### EXERCISE BRIEF
The whole of the data, every line, should come back exactly the same.
======
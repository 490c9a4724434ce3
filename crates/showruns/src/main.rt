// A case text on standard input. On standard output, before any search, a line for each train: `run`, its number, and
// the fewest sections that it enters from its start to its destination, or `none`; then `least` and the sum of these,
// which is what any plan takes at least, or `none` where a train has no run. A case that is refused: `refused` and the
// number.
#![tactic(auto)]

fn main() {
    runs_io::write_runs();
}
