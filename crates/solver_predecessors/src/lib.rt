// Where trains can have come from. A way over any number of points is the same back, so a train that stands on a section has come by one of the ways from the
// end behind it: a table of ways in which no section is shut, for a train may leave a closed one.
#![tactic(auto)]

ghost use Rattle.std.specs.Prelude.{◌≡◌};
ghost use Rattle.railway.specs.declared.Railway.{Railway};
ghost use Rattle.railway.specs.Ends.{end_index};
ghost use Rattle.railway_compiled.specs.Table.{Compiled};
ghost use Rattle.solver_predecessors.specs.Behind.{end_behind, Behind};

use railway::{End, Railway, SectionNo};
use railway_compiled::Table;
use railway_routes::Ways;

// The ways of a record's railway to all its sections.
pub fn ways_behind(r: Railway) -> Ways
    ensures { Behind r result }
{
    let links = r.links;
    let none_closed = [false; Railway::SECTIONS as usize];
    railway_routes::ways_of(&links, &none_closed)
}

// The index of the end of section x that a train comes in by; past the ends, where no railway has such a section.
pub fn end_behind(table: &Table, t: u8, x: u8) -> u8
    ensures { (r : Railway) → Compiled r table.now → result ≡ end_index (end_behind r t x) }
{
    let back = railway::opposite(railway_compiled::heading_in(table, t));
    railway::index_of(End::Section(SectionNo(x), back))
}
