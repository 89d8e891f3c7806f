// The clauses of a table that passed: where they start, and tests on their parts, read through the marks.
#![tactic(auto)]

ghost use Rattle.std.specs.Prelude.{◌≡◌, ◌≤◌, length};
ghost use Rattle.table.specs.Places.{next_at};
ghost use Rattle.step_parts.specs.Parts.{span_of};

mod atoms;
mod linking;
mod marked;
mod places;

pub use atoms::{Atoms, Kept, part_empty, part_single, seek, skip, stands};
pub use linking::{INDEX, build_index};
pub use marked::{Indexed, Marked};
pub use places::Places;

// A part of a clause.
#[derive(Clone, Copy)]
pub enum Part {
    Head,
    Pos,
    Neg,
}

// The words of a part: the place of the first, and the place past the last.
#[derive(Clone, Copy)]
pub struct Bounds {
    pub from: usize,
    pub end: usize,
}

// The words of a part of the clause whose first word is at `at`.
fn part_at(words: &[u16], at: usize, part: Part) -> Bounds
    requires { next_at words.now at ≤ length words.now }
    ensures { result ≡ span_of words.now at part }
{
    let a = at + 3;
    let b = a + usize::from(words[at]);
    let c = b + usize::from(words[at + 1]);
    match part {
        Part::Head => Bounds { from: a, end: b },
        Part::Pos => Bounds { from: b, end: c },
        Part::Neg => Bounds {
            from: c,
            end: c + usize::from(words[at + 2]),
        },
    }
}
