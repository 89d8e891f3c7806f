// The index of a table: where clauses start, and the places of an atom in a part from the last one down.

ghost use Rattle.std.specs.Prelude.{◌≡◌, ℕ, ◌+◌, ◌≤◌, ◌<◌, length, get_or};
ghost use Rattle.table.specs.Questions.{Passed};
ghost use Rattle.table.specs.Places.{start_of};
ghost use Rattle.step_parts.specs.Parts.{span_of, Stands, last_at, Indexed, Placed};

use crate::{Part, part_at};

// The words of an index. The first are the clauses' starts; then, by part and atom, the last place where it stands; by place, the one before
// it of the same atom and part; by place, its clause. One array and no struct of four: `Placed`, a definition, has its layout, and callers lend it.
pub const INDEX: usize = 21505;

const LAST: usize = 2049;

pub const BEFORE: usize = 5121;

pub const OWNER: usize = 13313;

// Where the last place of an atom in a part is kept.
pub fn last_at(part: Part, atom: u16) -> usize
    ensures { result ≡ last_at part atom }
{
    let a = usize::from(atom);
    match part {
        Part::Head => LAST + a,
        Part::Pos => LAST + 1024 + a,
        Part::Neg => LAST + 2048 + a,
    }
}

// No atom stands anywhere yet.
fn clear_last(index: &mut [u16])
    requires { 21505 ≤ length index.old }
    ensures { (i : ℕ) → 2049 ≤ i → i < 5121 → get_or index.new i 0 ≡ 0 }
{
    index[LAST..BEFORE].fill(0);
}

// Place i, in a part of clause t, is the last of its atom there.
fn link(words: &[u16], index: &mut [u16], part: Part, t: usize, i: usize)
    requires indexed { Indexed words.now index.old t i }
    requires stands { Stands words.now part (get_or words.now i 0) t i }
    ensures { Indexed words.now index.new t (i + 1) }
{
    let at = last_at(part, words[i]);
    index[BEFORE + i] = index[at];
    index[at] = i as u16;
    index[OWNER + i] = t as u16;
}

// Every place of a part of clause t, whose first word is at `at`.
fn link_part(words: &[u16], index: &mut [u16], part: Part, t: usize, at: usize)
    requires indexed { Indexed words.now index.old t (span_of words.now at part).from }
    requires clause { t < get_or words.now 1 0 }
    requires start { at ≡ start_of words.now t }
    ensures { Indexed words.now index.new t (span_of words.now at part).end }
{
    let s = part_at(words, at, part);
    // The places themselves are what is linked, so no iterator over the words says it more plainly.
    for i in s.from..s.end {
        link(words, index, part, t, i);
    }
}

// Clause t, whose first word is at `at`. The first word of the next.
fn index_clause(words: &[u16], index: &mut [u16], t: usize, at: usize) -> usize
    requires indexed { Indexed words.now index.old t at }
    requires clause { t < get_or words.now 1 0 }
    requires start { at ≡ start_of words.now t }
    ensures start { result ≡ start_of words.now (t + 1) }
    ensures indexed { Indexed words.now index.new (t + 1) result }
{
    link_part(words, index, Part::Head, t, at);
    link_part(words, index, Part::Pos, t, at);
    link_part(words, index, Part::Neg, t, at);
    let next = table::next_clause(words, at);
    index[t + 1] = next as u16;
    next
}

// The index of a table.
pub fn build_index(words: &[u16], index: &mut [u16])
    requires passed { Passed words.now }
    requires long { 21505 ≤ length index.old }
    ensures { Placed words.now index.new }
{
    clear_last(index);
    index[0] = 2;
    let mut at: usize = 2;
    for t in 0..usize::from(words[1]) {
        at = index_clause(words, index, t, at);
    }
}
======
### EXERCISE ANSWER
repository 490c9a4724434ce3
filename crates/showruns/src/main.rt
// A case text on standard input. On standard output, before any search, a line for each train: `run`, its number, and
// the fewest sections that it enters from its start to its destination, or `none`; then `least` and the sum of these,
// which is what any plan takes at least, or `none` where a train has no run. A case that is refused: `refused` and the
// number.
#![tactic(auto)]

fn main() {
    runs_io::write_runs();
}
filename crates/solver_predecessors/src/lib.rt
// Where trains can have come from. A way over any number of points is the same back, so a train that stands on a section has come by one of the ways from the
// end behind it: a table of ways in which no section is shut, for a train may leave a closed one.
#![tactic(auto)]

ghost use Rattle.std.specs.Prelude.{◌≡◌};
ghost use Rattle.railway.specs.declared.Railway.{Railway};
ghost use Rattle.railway.specs.Ends.{end_index};
ghost use Rattle.railway_compiled.specs.Table.{Compiled};
ghost use Rattle.solver_predecessors.specs.Behind.{end_behind, Behind};

use railway::{End, Railway, SectionNo};
use railway_compiled::Table;
use railway_routes::Ways;

// The ways of a record's railway to all its sections.
pub fn ways_behind(r: Railway) -> Ways
    ensures { Behind r result }
{
    let links = r.links;
    let none_closed = [false; Railway::SECTIONS as usize];
    railway_routes::ways_of(&links, &none_closed)
}

// The index of the end of section x that a train comes in by; past the ends, where no railway has such a section.
pub fn end_behind(table: &Table, t: u8, x: u8) -> u8
    ensures { (r : Railway) → Compiled r table.now → result ≡ end_index (end_behind r t x) }
{
    let back = railway::opposite(railway_compiled::heading_in(table, t));
    railway::index_of(End::Section(SectionNo(x), back))
}
repository 89d8e891f3c7806f
// The clauses of a table that passed: where they start, and tests on their parts, read through the marks.
#![tactic(auto)]

ghost use Rattle.std.specs.Prelude.{◌≡◌, ◌≤◌, length};
ghost use Rattle.table.specs.Places.{next_at};
ghost use Rattle.step_parts.specs.Parts.{span_of};

mod atoms;
mod linking;
mod marked;
mod places;

pub use atoms::{Atoms, Kept, part_empty, part_single, seek, skip, stands};
pub use linking::{INDEX, build_index};
pub use marked::{Indexed, Marked};
pub use places::Places;

// A part of a clause.
#[derive(Clone, Copy)]
pub enum Part {
    Head,
    Pos,
    Neg,
}

// The words of a part: the place of the first, and the place past the last.
#[derive(Clone, Copy)]
pub struct Bounds {
    pub from: usize,
    pub end: usize,
}

// The words of a part of the clause whose first word is at `at`.
fn part_at(words: &[u16], at: usize, part: Part) -> Bounds
    requires { next_at words.now at ≤ length words.now }
    ensures { result ≡ span_of words.now at part }
{
    let a = at + 3;
    let b = a + usize::from(words[at]);
    let c = b + usize::from(words[at + 1]);
    match part {
        Part::Head => Bounds { from: a, end: b },
        Part::Pos => Bounds { from: b, end: c },
        Part::Neg => Bounds {
            from: c,
            end: c + usize::from(words[at + 2]),
        },
    }
}
repository 89d8e891f3c7806f
// The index of a table: where clauses start, and the places of an atom in a part from the last one down.

ghost use Rattle.std.specs.Prelude.{◌≡◌, ℕ, ◌+◌, ◌≤◌, ◌<◌, length, get_or};
ghost use Rattle.table.specs.Questions.{Passed};
ghost use Rattle.table.specs.Places.{start_of};
ghost use Rattle.step_parts.specs.Parts.{span_of, Stands, last_at, Indexed, Placed};

use crate::{Part, part_at};

// The words of an index. The first are the clauses' starts; then, by part and atom, the last place where it stands; by place, the one before
// it of the same atom and part; by place, its clause. One array and no struct of four: `Placed`, a definition, has its layout, and callers lend it.
pub const INDEX: usize = 21505;

const LAST: usize = 2049;

pub const BEFORE: usize = 5121;

pub const OWNER: usize = 13313;

// Where the last place of an atom in a part is kept.
pub fn last_at(part: Part, atom: u16) -> usize
    ensures { result ≡ last_at part atom }
{
    let a = usize::from(atom);
    match part {
        Part::Head => LAST + a,
        Part::Pos => LAST + 1024 + a,
        Part::Neg => LAST + 2048 + a,
    }
}

// No atom stands anywhere yet.
fn clear_last(index: &mut [u16])
    requires { 21505 ≤ length index.old }
    ensures { (i : ℕ) → 2049 ≤ i → i < 5121 → get_or index.new i 0 ≡ 0 }
{
    index[LAST..BEFORE].fill(0);
}

// Place i, in a part of clause t, is the last of its atom there.
fn link(words: &[u16], index: &mut [u16], part: Part, t: usize, i: usize)
    requires indexed { Indexed words.now index.old t i }
    requires stands { Stands words.now part (get_or words.now i 0) t i }
    ensures { Indexed words.now index.new t (i + 1) }
{
    let at = last_at(part, words[i]);
    index[BEFORE + i] = index[at];
    index[at] = i as u16;
    index[OWNER + i] = t as u16;
}

// Every place of a part of clause t, whose first word is at `at`.
fn link_part(words: &[u16], index: &mut [u16], part: Part, t: usize, at: usize)
    requires indexed { Indexed words.now index.old t (span_of words.now at part).from }
    requires clause { t < get_or words.now 1 0 }
    requires start { at ≡ start_of words.now t }
    ensures { Indexed words.now index.new t (span_of words.now at part).end }
{
    let s = part_at(words, at, part);
    // The places themselves are what is linked, so no iterator over the words says it more plainly.
    for i in s.from..s.end {
        link(words, index, part, t, i);
    }
}

// Clause t, whose first word is at `at`. The first word of the next.
fn index_clause(words: &[u16], index: &mut [u16], t: usize, at: usize) -> usize
    requires indexed { Indexed words.now index.old t at }
    requires clause { t < get_or words.now 1 0 }
    requires start { at ≡ start_of words.now t }
    ensures start { result ≡ start_of words.now (t + 1) }
    ensures indexed { Indexed words.now index.new (t + 1) result }
{
    link_part(words, index, Part::Head, t, at);
    link_part(words, index, Part::Pos, t, at);
    link_part(words, index, Part::Neg, t, at);
    let next = table::next_clause(words, at);
    index[t + 1] = next as u16;
    next
}

// The index of a table.
pub fn build_index(words: &[u16], index: &mut [u16])
    requires passed { Passed words.now }
    requires long { 21505 ≤ length index.old }
    ensures { Placed words.now index.new }
{
    clear_last(index);
    index[0] = 2;
    let mut at: usize = 2;
    for t in 0..usize::from(words[1]) {
        at = index_clause(words, index, t, at);
    }
}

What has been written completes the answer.